Обратимся к судьбе Елизаветы Кузнецовой. Она оказалась трагичной.
Все, что было сказано выше о внешнем виде советских женщин в отличие от американок, имело к ней, конечно, прямое отношение. В отличие от Кравченко, который первым долгом обратился не к иммиграционным властям, а в New York Times, справедливо полагая огласку единственной гарантией от выдачи, она не могла рассчитывать на внимание американской прессы. Каким образом она вышла замуж, не имея легального статуса, непонятно.
Шифровка подписана псевдонимом «Сергей».
Что с ней сталось потом, мы не знаем. В Советском Союзе ее должны были судить за измену родине согласно постановлению ЦИК «Об объявлении вне закона должностных лиц — граждан СССР за границей, перебежавших в лагерь врагов рабочего класса и крестьянства и отказывающихся вернуться в СССР». Постановление было объявлено утратившим силу лишь в апреле 1959 года.

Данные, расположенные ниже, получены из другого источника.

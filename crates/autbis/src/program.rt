//! This module contains one function for each of the two subcommands of the program. Each function minimises or
//! compares the inputs, writes error messages, and returns the exit status.
ghost use Rattle.std.specs.Prelude.{◌≡◌, ◌⊎◌, ◌≤◌, IfSome, IsTrue, false};
ghost use Rattle.autbis.specs.declared.compare.Side.TheVariants.{First, Second};
ghost use Rattle.autbis.specs.Ends.{EndsRun};
ghost use Rattle.autbis.specs.Ends.Contents.{one, two};
ghost use Rattle.autbis.specs.Reports.{ShowsCounts};
ghost use Rattle.autbis.specs.Runs.{IsReadable, asks, used};

use crate::compare::{CmpFault, Side, run_cmp};
use crate::reports::report;
use crate::run::run_min;
use crate::stats::show_stats;
use autfmt::{Hidden, Limits, Sink, Source};
use lts::Counter;
use quotient::Relation;
use std::alloc::Global;
use std::io::Write;

/// Minimises the system in the source `r`, writes the result to the sink `w`, and returns the exit status. The source
/// is the object from which the input is read, and the sink is the object to which the output is written. The status is
/// 0 after a success, 2 if the input is incorrect, 4 if memory ran out, and 5 if the source or the sink failed. If the
/// status is 2 or 4, neither the source nor the sink has failed, and nothing was written to the sink. An error message
/// is written to `e`, and may contain the name `name` of the source. After a success, nothing is written to `e` except
/// for the line that `--stats` asks for. This line is written only if `stats` is true.
pub fn min_program<R: Source, W: Sink, E: Write>(
    alloc: Global,
    r: &mut R,
    name: &str,
    w: &mut W,
    e: &mut E,
    rel: Relation,
    stats: bool,
    lim: &Limits,
    h: &Hidden,
) -> u8
    requires source { R.failures r.old ≡ 0 }
    requires sink { W.failures w.old ≡ 0 }
    ensures ends { EndsRun (asks rel lim.now h.now) (one (R.rest r.old)) (R.failures r.new ≡ 0)
        (R.failures r.new ≡ 1)
        (used W.written W.failures w.old w.new) result }
    ensures shown { result ≤ 1 → IsTrue stats → ShowsCounts (asks rel lim.now h.now) (R.rest r.old)
        (E.contents e.old) (E.contents e.new) }
    ensures silent { result ≤ 1 → stats ≡ false → e.new ≡ e.old }
{
    let mut meter = Counter::new();
    match run_min(alloc, r, w, rel, lim, h, &mut meter) {
        Ok(counts) => {
            if stats {
                show_stats(counts, rel, &meter, e);
            }
            0
        }
        Err(fault) => report(&fault, name, e),
    }
}

/// Compares the systems in the sources `a` and `b`, writes the line of the verdict (`TRUE` or `FALSE`) to the sink `w`,
/// and returns the exit status. A source is an object from which an input is read, and the sink is the object to which
/// the output is written. The status is 0 if the two systems are equivalent, 1 if they are not, 2 if an input is
/// incorrect, 4 if memory ran out, and 5 if a source or the sink failed. If the status is 2 or 4, neither a source nor
/// the sink has failed, and nothing was written to the sink. An error message is written to `e`, and may contain the
/// name of the input in which the error occurred. After a verdict, nothing is written to `e`. If the first input is
/// incorrect or its source fails, the second source is unchanged.
pub fn cmp_program<R1: Source, R2: Source, W: Sink, E: Write>(
    alloc: Global,
    a: &mut R1,
    a_name: &str,
    b: &mut R2,
    b_name: &str,
    w: &mut W,
    e: &mut E,
    rel: Relation,
    lim: &Limits,
    h: &Hidden,
) -> u8
    requires first { R1.failures a.old ≡ 0 }
    requires second { R2.failures b.old ≡ 0 }
    requires sink { W.failures w.old ≡ 0 }
    ensures ends { EndsRun (asks rel lim.now h.now) (two (R1.rest a.old) (R2.rest b.old))
        ((R1.failures a.new ≡ 0) × (R2.failures b.new ≡ 0))
        (((R1.failures a.new ≡ 1) × (b.new ≡ b.old))
        ⊎ ((R1.failures a.new ≡ 0) × (R2.failures b.new ≡ 1)))
        (used W.written W.failures w.old w.new) result }
    ensures unread { result ≡ 2 → (b.new ≡ b.old) ⊎ IfSome (R1.rest a.old) (IsReadable lim.now) }
    ensures silent { result ≤ 1 → e.new ≡ e.old }
{
    match run_cmp(alloc, a, b, w, rel, lim, h, &mut Counter::new()) {
        Ok(true) => 0,
        Ok(false) => 1,
        Err(CmpFault { side, fault }) => report(&fault, named(side, a_name, b_name), e),
    }
}

/// Returns the name of the input in which an error occurred. If `side` is `Side::Run`, the error occurred after both
/// inputs had been read. In this case, the contract does not say which name is returned, because the error message
/// contains no name.
fn named<'a>(side: Side, a_name: &'a str, b_name: &'a str) -> &'a str
    ensures first { side ≡ First → result.now ≡ a_name.now }
    ensures second { side ≡ Second → result.now ≡ b_name.now }
{
    match side {
        Side::First | Side::Run => a_name,
        Side::Second => b_name,
    }
}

Побеги моряков торгового флота продолжались и при Хрущеве, и при Брежневе. Но никогда они не имели столь массового характера, как в годы войны. В списке невозвращенцев 1945-69 годов, составленном КГБ, моряков всего 62 человека из 470 (или 15 процентов). Впрочем, Сталин – абсолютный чемпион по невозвращенцам во всех категориях. За неполных восемь послевоенных лет (точнее – 7 лет и 8 месяцев) при нем из страны бежало 263 человека, или по 33 человека в год. Рекордными по побегам были 1947-49 годы, когда жизнь в СССР стала совсем невыносима – в эти три года из страны бежало соответственно 59, 60 и 42 человека. В хрущевские 1955-1958-е ежегодная цифра не превышала 5-9 человек, а при Брежневе она опять поползла вверх.